What we learned from JS’s story

JS’s story illustrates that although we are still making progress towards fully implementing trauma-informed principles, as a society, we still have a lot to learn. In comparison to other professionals previously involved in JS’s care, I was lucky.

I have only just started working in the field and the qualification I completed in preparation for my role was designed by Higher Education England in 2021. It was built around trauma-informed principles, I know no different. In addition to this, I completed my placement in a drug and alcohol service. Call me biased, (all of my professional experience comes from this specific type of agency) but I believe that community drug and alcohol services are somewhat ahead of the game of other health and care organisations in following TIP.
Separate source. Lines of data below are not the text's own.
// The digits of a number as it is written, with no padding: how many there are.

ghost use Rattle.std.specs.Prelude.{◌≤◌};
ghost use Rattle.writer.specs.Promise.{Width};

// How many digits a number has. They are counted four at a time, since most numbers in a text have fewer than five.
pub fn width(n: u64) -> usize
    ensures { (Width n result) × (result ≤ 20) }
{
    let mut rest = n;
    let mut k: usize = 0;
    while 10_000 <= rest {
        rest /= 10_000;
        k += 4;
    }
    if rest < 10 {
        return k + 1;
    }
    if rest < 100 {
        return k + 2;
    }
    if rest < 1000 {
        return k + 3;
    }
    k + 4
}
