// The import: comma-separated text in, the lines of the listing out. A record is a calendar name and a date text; what is written for it is what the
// listing writes for the line of the two. Text comes in blocks that end anywhere: a record that a block cuts is left to the next call, which gets it
// from its beginning.
// For users: all that is public.

#![tactic(auto)]

ghost use Rattle.std.specs.Prelude.{◌≡◌, ◌+◌, ◌≤◌, ◌<◌, length, pos};
ghost use Rattle.refusals.specs.Promise.{refusal};
ghost use Rattle.catalogue.specs.Promise.{NamesIn};
ghost use Rattle.linetext.specs.Line.{longest_line};
ghost use Rattle.linetext.specs.Promise.{LineOut};
ghost use Rattle.listing.specs.Promise.{HeldLine};
ghost use Rattle.listing.specs.Laws.{Wrote};
ghost use Rattle.importing.specs.Promise.{place_of, import_state, TakesRecord, Imports, progress_of};

use catalogue::Names;
pub use commatext::LONGEST_RECORD;
use commatext::Scan;
use linetext::LONGEST_LINE;
pub use listing::{put_header, put_refused};
use writer::buffer;

// An offset in the file, so many bytes after another. Past the greatest number that an offset can be it stays there; no file is so long.
pub fn later_place(place: usize, by: usize) -> usize
    ensures { result ≡ place_of place by }
{
    place.saturating_add(by)
}

// ---- what is written for a record, where there is room for it

// The line of its two fields stands in the line buffer, and is listed as a last line is.
fn put_entry(
    names: &Names,
    line: &[u8; LONGEST_RECORD],
    size: usize,
    out: &mut [u8],
    used: usize,
) -> usize
    requires { (0 < size) × (used + longest_line ≤ length out.old) }
    ensures { Wrote (HeldLine (NamesIn names.now) line.now size) out.old used out.new result }
{
    listing::list_last(names, line, size, out, used).unwrap()
}

fn put_fault(number: u32, place: usize, out: &mut [u8], used: usize) -> usize
    requires { used + longest_line ≤ length out.old }
    ensures { Wrote (LineOut (Err (refusal number place (pos 0)))) out.old used out.new result }
{
    put_refused(out, used, refusals::refusal_at(number, place, 0)).unwrap()
}

// ---- record after record

// What came of a record: it is written, and the offset after it; or it goes on past the bytes that are there; or a refusal ended the import.
#[derive(Clone, Copy)]
enum Taken {
    Written(usize, usize),
    Cut,
    Ended(usize),
}

fn take_record(
    names: &Names,
    text: &[u8],
    at: usize,
    ends: bool,
    offset: usize,
    line: &mut [u8; LONGEST_RECORD],
    out: &mut [u8],
    used: usize,
) -> Taken
    requires { (at < length text.now) × (used + longest_line ≤ length out.old) }
    ensures { TakesRecord (NamesIn names.now) ends offset text.now (import_state at line.old out.old used) line.new out.new result }
{
    match commatext::read_record(&text[at..], ends, line) {
        Scan::Entry(size, next) => {
            let end = put_entry(names, line, size, out, used);
            Taken::Written(at + next, end)
        }
        Scan::Miscounted(next) => {
            let end = put_fault(27, later_place(offset, at), out, used);
            Taken::Written(at + next, end)
        }
        Scan::Stops(number, place) => {
            let end = put_fault(
                number,
                later_place(later_place(offset, at), place),
                out,
                used,
            );
            Taken::Ended(end)
        }
        Scan::Undecided => Taken::Cut,
    }
}

// Why a call stopped.
#[derive(Clone, Copy)]
pub enum Stopped {
    // The output has no room for another line.
    Full,
    // What is left of the text is at most the beginning of a record.
    Spent,
    // A refusal has ended the import.
    Ended,
}

// How far the text is read, how far the output is written, and why no further.
#[derive(Clone, Copy)]
pub struct Progress {
    pub at: usize,
    pub used: usize,
    pub stopped: Stopped,
}

// Imports the records of a text from an offset on, as long as the output has room. `ends` tells whether the file ends after this text; `offset` is where
// in the file it begins.
pub fn import_text(
    names: &Names,
    text: &[u8],
    from: usize,
    ends: bool,
    offset: usize,
    line: &mut [u8; LONGEST_RECORD],
    out: &mut [u8],
    used: usize,
) -> Progress
    ensures { Imports (NamesIn names.now) ends offset text.now (import_state from line.old out.old used) (import_state result.at line.new out.new result.used) result.stopped }
{
    let mut at = from;
    let mut end = used;
    while at < text.len() {
        if buffer::has_room(out.len(), end, LONGEST_LINE) {
            match take_record(names, text, at, ends, offset, line, out, end) {
                Taken::Written(next, written) => {
                    at = next;
                    end = written;
                }
                Taken::Cut => return stopped_at(at, end, Stopped::Spent),
                Taken::Ended(written) => return stopped_at(at, written, Stopped::Ended),
            }
        } else {
            return stopped_at(at, end, Stopped::Full);
        }
    }
    stopped_at(at, end, Stopped::Spent)
}

fn stopped_at(at: usize, used: usize, stopped: Stopped) -> Progress
    ensures { result ≡ progress_of at used stopped }
{
    Progress { at, used, stopped }
}
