// Of the same file: what was changed in the tag of a message. All are sealed with one key, nonce and aad.
static CHANGED_TAGS: [ChangedCase; 8] = [
    ChangedCase {
        source: "Wycheproof, chacha20_poly1305_test, 166: bit 0",
        sealed: "d03bcb3ca52d48d1d203b1e7b1a5995a28914007a6119dd3f109bba21ce9a7d6",
    },
    ChangedCase {
        source: "Wycheproof, chacha20_poly1305_test, 170: bit 31",
        sealed: "d03bcb3ca52d48d1d203b1e7b1a5995a29914087a6119dd3f109bba21ce9a7d6",
    },
    ChangedCase {
        source: "Wycheproof, chacha20_poly1305_test, 173: bit 63",
        sealed: "d03bcb3ca52d48d1d203b1e7b1a5995a29914007a6119d53f109bba21ce9a7d6",
    },
    ChangedCase {
        source: "Wycheproof, chacha20_poly1305_test, 174: bit 64",
        sealed: "d03bcb3ca52d48d1d203b1e7b1a5995a29914007a6119dd3f009bba21ce9a7d6",
    },
    ChangedCase {
        source: "Wycheproof, chacha20_poly1305_test, 182: bit 127",
        sealed: "d03bcb3ca52d48d1d203b1e7b1a5995a29914007a6119dd3f109bba21ce9a756",
    },
    ChangedCase {
        source: "Wycheproof, chacha20_poly1305_test, 183: bits 63 and 127",
        sealed: "d03bcb3ca52d48d1d203b1e7b1a5995a29914007a6119d53f109bba21ce9a756",
    },
    ChangedCase {
        source: "Wycheproof, chacha20_poly1305_test, 184: a tag of zeros",
        sealed: "d03bcb3ca52d48d1d203b1e7b1a5995a00000000000000000000000000000000",
    },
    ChangedCase {
        source: "Wycheproof, chacha20_poly1305_test, 185: a tag of ones",
        sealed: "d03bcb3ca52d48d1d203b1e7b1a5995affffffffffffffffffffffffffffffff",
    },
];

const CHANGED_KEY: [u8; 32] = [
    32, 33, 34, 35, 36, 37, 38, 39, 40, 41, 42, 43, 44, 45, 46, 47, 48, 49, 50, 51, 52, 53, 54, 55,
    56, 57, 58, 59, 60, 61, 62, 63,
];

fn assert_refused<R: Threads + Abort>(rt: &R, case: &ChangedCase) {
    let key = ChaChaPolyKey::new(&CHANGED_KEY);
    let sealed: [u8; 32] = array_of(rt, case.sealed);
    let mut checks = Checks::new(rt);
    let holds = key.check_tag(&NONCE, &[0, 1, 2], &sealed, &mut checks);
    assert_at(rt, holds, false, "the tag holds", case.source);
}

#[test]
fn tags_changed_in_many_places_do_not_hold(rt: HostRuntime) {
    for case in &CHANGED_TAGS {
        assert_refused(&rt, case);
    }
}

struct LengthCase {
    length: usize,
    tag: &'static str,
}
This isn’t necessarily because they are better versed in academic research on trauma, have better qualified practitioners or an excellent package of mandatory training. In fact, the concept of TIP has only just started being explored by ORB’s leadership at the start of 2024. We are in the early phases of collating data, brainstorming ideas, reviewing resources and developing staff training. But in my experience, we already have a strong foundation in place – an organisational culture of non-judgemental, non-stigmatising and equality-seeking attitudes towards our clients, which guide our practice and behaviours. And even though most of my colleagues may not be able to recite the six principles of TIP, or provide a textbook definition of trauma, they are excellent at being understanding, patient, compassionate, flexible and passionate about advocating on behalf of those who struggle to find their own voice.

They are able to see through the so-called challenging or anti-social behaviours and see someone who is struggling and needs help. They know how to listen without jumping to conclusions. In fact, their biggest shortcoming is probably the tendency to offer too much support to someone who may not yet be ready to receive it – because they see their struggle and really want to help, but don’t always know when and how. This important skill of recognising their own professional boundaries and knowing what to do about trauma when they see it, should probably be the focus of whatever TIP training is offered to them in the future. Because this well-intentioned behaviour comes with the risk of re-traumatising clients as well as staff burnout.

So how come drug and alcohol services already have such a strong foundation which, in my opinion, puts them ahead of the game in terms of working within the guidelines of TIP? I cannot answer this question for certain, but I do wonder whether this is partly due to the fact that recruitment of staff in drug and alcohol services seems to prioritise lived experience over academic background. Meaning, many of my colleagues have some level of personal experience of problematic substance use and what often comes with it: adversity and trauma. They’ve once been or cared for a person who struggles. They intuitively know what it feels like, what it looks like, what helps and what doesn’t. And quite often, they come to work in a drug and alcohol service not because it offers great financial gain or excellent career opportunities, but out of a strong desire to give back what was once offered to them. This level of empathy and compassion for another human being who is struggling is the critical foundation upon which any trauma-informed practices must be built.